The study was based on five different experiments using both photographs of women and men. In the first and second experiments, they used group photos and cropped each person out to create an individual portrait. In the fourth experiment, they change the method by not using cropped photos, but instead simply taking individual photos and group photos of that same person. The researchers observed that those looking at the photos found an individual more appealing in a group.

The authors of the study gave suggestions as to why this may be the case using previous studies. One of the explanations they provided was that the average level of attractiveness is made from the different members of the group and will often be higher than one person on their own.[2]

I was personally not surprised about this study’s conclusions. When I was single, I remember thinking how much more attractive someone was when they’d be interacting in a lively manner in a group. When I’d go out to a bar with a friend for a glass of wine on a Friday night, and we’d see a group of guys chatting away, I was more likely to notice someone in an animated group of friends.

Why? Well, for a start, we are social animals.[3] This means that I will more likely to gravitate towards a person who seems comfortable and confident in a group setting. Also, as that person is not desperately looking around to meet someone as they are focused on the conversation they are in. It also means I’d be keener to grab that person’s attention.
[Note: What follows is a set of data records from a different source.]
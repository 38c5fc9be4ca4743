//! A part that was read apart.

ghost use Rattle.std.specs.Prelude.{◌≡◌, ◌≤◌, ◌<◌, ◌+◌, ◌++◌, min, ℕ, ℤ, List, None, reverse, length, get_or, map as list_map, option_map, OnOk, IfOk, vec_len, slice_index, slice_index_or};
ghost use Rattle.std.specs.Option.{option_or};
ghost use Rattle.ft_fields.specs.Traced.{last_cpu};
ghost use Rattle.ft_dispatch.specs.Joining.{place_behind, Joins};
ghost use Rattle.ft_waits.specs.Missing.{is_other};
ghost use Rattle.ft_waits.specs.inner.Starts.{Seam, with_start, seam_after, seam, missing_with};
ghost use Rattle.ft_waits.specs.inner.Seams.{held_behind, left_out_with, JoinsMisses, JoinsStates, ShowsBoth};

use crate::kept::KeptActs;
use crate::left_out::LeftOut;
use crate::missing::{Missing, is_other};
use crate::ran::Ran;
use crate::showing::show_part;
use crate::starts::{Start, running_on};
use crate::state::{CPUS, State};
use crate::steps::settle;
use ft_dispatch::{Dispatch, PlacedAct, first_wakings_join, showings_move};
use ft_fields::Pos;
use ft_windows::showings_in_any_order;
use std::alloc::AllocError;

/// A place of a part, behind so many events of each CPU.
fn place_behind(counts: &[u32], place: Pos) -> Pos
    ensures { result ≡ place_behind counts.now place }
{
    let before = match counts.get(usize::from(place.cpu)) {
        Some(count) => *count,
        None => 0,
    };
    Pos {
        stamp: place.stamp,
        cpu: place.cpu,
        line: place.line.saturating_add(before),
    }
}

/// A held act of a part, behind those events.
fn held_behind(counts: &[u32], act: &PlacedAct) -> PlacedAct
    ensures { result ≡ held_behind (place_behind counts.now) act.now }
{
    PlacedAct {
        place: place_behind(counts, act.place),
        ..*act
    }
}

/// Holds what a part holds, behind those events.
fn add_held(held: &mut Vec<PlacedAct>, counts: &[u32], part: &[PlacedAct]) -> Result<(), AllocError>
    ensures { OnOk result (held.new.items ≡ held.old.items ++ list_map (held_behind (place_behind counts.now)) part.now) }
{
    for act in part {
        held.push(held_behind(counts, act))?;
    }
    Ok(())
}

/// Joins the acts of a part, behind those events, if no act before is held. Completes the dispatches of the part,
/// and gives what its first wakings show to the windows.
fn join_acts(
    acts: &mut KeptActs,
    part: KeptActs,
    counts: &[u32],
    ones: &mut [Dispatch],
) -> Result<(), AllocError>
    ensures joins { OnOk result (Joins (place_behind counts.now) acts.old.tasks part.tasks ones.old acts.new.tasks ones.new) }
    ensures held { OnOk result (acts.new.held.items
        ≡ acts.old.held.items ++ list_map (held_behind (place_behind counts.now)) part.held.items) }
    ensures shows { OnOk result (ShowsBoth counts.now acts.old part acts.new) }
{
    first_wakings_join();
    showings_move();
    showings_in_any_order();
    let KeptActs {
        held,
        tasks,
        shown,
        windows,
    } = part;
    show_part(acts, &shown.firsts, windows)?;
    acts.tasks.join(tasks, counts, ones)?;
    add_held(&mut acts.held, counts, &held)?;
    Ok(())
}

impl Missing {
    /// Counts the first event of a CPU in a part, if another task runs than before the part.
    fn count_start(&mut self, other: bool, is_clear: bool, place: Pos)
        ensures { self.new ≡ with_start other is_clear place self.old }
    {
        if other {
            self.switches = self.switches.saturating_add(1);
        }
        if other && is_clear {
            self.first = Some(self.first.unwrap_or(place));
        }
    }

    /// Adds what is missing in a part, behind so many events of each CPU.
    fn add(&mut self, part: Missing, counts: &[u32])
        ensures { self.new ≡ missing_with (place_behind counts.now) self.old part }
    {
        self.switches = self.switches.saturating_add(part.switches);
        let first = match part.first {
            Some(place) => Some(place_behind(counts, place)),
            None => None,
        };
        self.first = self.first.or(first);
    }
}

/// Takes the first event of a CPU in a part, by what the CPU ran before the part.
fn take_start(
    missing: &mut Missing,
    starts: &mut Vec<Start>,
    ran: Option<Ran>,
    place: Pos,
    start: &Start,
) -> Result<(), AllocError>
    ensures { OnOk result (record { missing = missing.new; starts = starts.new.items }
        ≡ seam_after ran place start.now (record { missing = missing.old; starts = starts.old.items })) }
{
    match ran {
        Some(_) => {
            missing.count_start(is_other(ran, start.pid), start.is_clear, place);
        }
        None => starts.push(Start {
            pid: start.pid,
            place,
            is_clear: start.is_clear && missing.first.is_none(),
        })?,
    }
    Ok(())
}

/// The first event of a CPU in a part, by its number.
fn start_at(part: &[Start], number: usize) -> Start
    requires { number < length part.now }
    ensures { result ≡ get_or part.now number result }
{
    part[number]
}

/// Takes the first events of CPUs in a part.
fn take_starts(
    missing: &mut Missing,
    starts: &mut Vec<Start>,
    running: &[Option<Ran>],
    counts: &[u32],
    part: &[Start],
) -> Result<(), AllocError>
    ensures { OnOk result (record { missing = missing.new; starts = starts.new.items }
        ≡ seam (λ cpu. slice_index_or running.now cpu None) (place_behind counts.now)
        (record { missing = missing.old; starts = starts.old.items }) (reverse part.now)) }
{
    for number in 0..part.len() {
        let start = start_at(part, number);
        let ran = running_on(running, start.place.cpu);
        let place = place_behind(counts, start.place);
        take_start(missing, starts, ran, place, &start)?;
    }
    Ok(())
}

/// Puts what CPUs run after a part over what they ran before it.
fn put_running(running: &mut Vec<Option<Ran>>, part: &[Option<Ran>])
    requires { vec_len running.old ≡ 8192 }
    ensures len { vec_len running.new ≡ 8192 }
    ensures at { (cpu : ℕ) → cpu ≤ last_cpu → slice_index_or running.new.items cpu None
        ≡ option_or (slice_index_or part.now cpu None) (slice_index_or running.old.items cpu None) }
{
    for cpu in 0..CPUS {
        let own = match part.get(cpu) {
            Some(ran) => *ran,
            None => None,
        };
        running[cpu] = own.or(running[cpu]);
    }
}

/// Adds the events of each CPU in a part.
fn add_lines(lines: &mut Vec<u32>, part: &[u32])
    requires { vec_len lines.old ≡ 8192 }
    ensures len { vec_len lines.new ≡ 8192 }
    ensures at { (cpu : ℕ) → cpu ≤ last_cpu → slice_index lines.new.items cpu
        ≡ min (slice_index lines.old.items cpu + slice_index part.now cpu) 4294967295 }
{
    for cpu in 0..CPUS {
        let own = match part.get(cpu) {
            Some(count) => *count,
            None => 0,
        };
        lines[cpu] = lines[cpu].saturating_add(own);
    }
}

impl LeftOut {
    /// Adds what is left out of a part.
    fn add(&mut self, part: &LeftOut)
        ensures { self.new ≡ left_out_with self.old part.now }
    {
        self.events = self.events.saturating_add(part.events);
        self.left_out = self.left_out.saturating_add(part.left_out);
    }
}

/// Adds what is left out of a part, which leaves out the same.
fn add_left_out(all: &mut Vec<LeftOut>, part: &[LeftOut])
    requires { length all.old.items ≡ length part.now }
    ensures len { length all.new.items ≡ length all.old.items }
    ensures at { (i : ℕ) (d : LeftOut) → i < length all.old.items
        → get_or all.new.items i d ≡ left_out_with (get_or all.old.items i d) (get_or part.now i d) }
{
    for number in 0..part.len() {
        all[number].add(&part[number]);
    }
}

impl State {
    /// Joins a part that was read apart, and whose events come after the last stamp so far. Adds the
    /// dispatches of that microsecond, and completes those of the part. Neither of the two sums up its tasks
    /// and CPUs. Fails only for memory.
    pub(crate) fn join(
        &mut self,
        part: State,
        out: &mut Vec<Dispatch>,
        ones: &mut [Dispatch],
    ) -> Result<(), AllocError>
        requires { length self.old.left_out.items ≡ length part.left_out.items }
        ensures { OnOk result (JoinsStates self.old part out.old.items ones.old self.new out.new.items ones.new
            × JoinsMisses self.old part self.new) }
    {
        let Some(first) = part.first else {
            put_running(&mut self.running, &part.running);
            return Ok(());
        };
        settle(&mut self.acts, &mut self.sums, out)?;
        join_acts(&mut self.acts, part.acts, &self.lines, ones)?;
        take_starts(
            &mut self.missing,
            &mut self.starts,
            &self.running,
            &self.lines,
            &part.starts,
        )?;
        self.missing.add(part.missing, &self.lines);
        put_running(&mut self.running, &part.running);
        add_left_out(&mut self.left_out, &part.left_out);
        self.first = Some(self.first.unwrap_or(first));
        self.latest = part.latest;
        add_lines(&mut self.lines, &part.lines);
        Ok(())
    }
}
Everyone likes a bit of a challenge. Although to be clear, there’s an extent to which you want a challenge: you still want that person you have a crush on to acknowledge you at some point.

As someone who has grown up moving schools five times, I’ve been accustomed to meeting new people and making new friends. An ease of speaking to others and being comfortable in a social situation is something I admire and value in friends and a partner.  When you see someone in a group, you can also perceive fragments of their personality by looking at the way they interact with other people. Just through non-verbal cues and reactions, you can learn so much from a person, and a group allows this to be more visible.  Maybe there really is something in what Barney called the ‘Cheerleader Effect’…

[1] Walker, D., & Vul, E. (2013). Hierarchical encoding makes individuals in a group seem more attractive. Psychological science, 0956797613497969.

[2] Walker, D., & Vul, E. (2013). Hierarchical encoding makes individuals in a group seem more attractive. Psychological science, 0956797613497969.

[3] Dijksterhuis, A. (2005). Why we are social animals: The high road to imitation as social glue. Perspectives on imitation: From neuroscience to social science, 2, 207-220.



  1. Thanks for the research and background on this article! I think that you not only appeal to other people more when in a group setting but, you feel more attractive too because you’re surrounded by friends and you’re happy. It’s interesting to learn about the psychology behind this topic.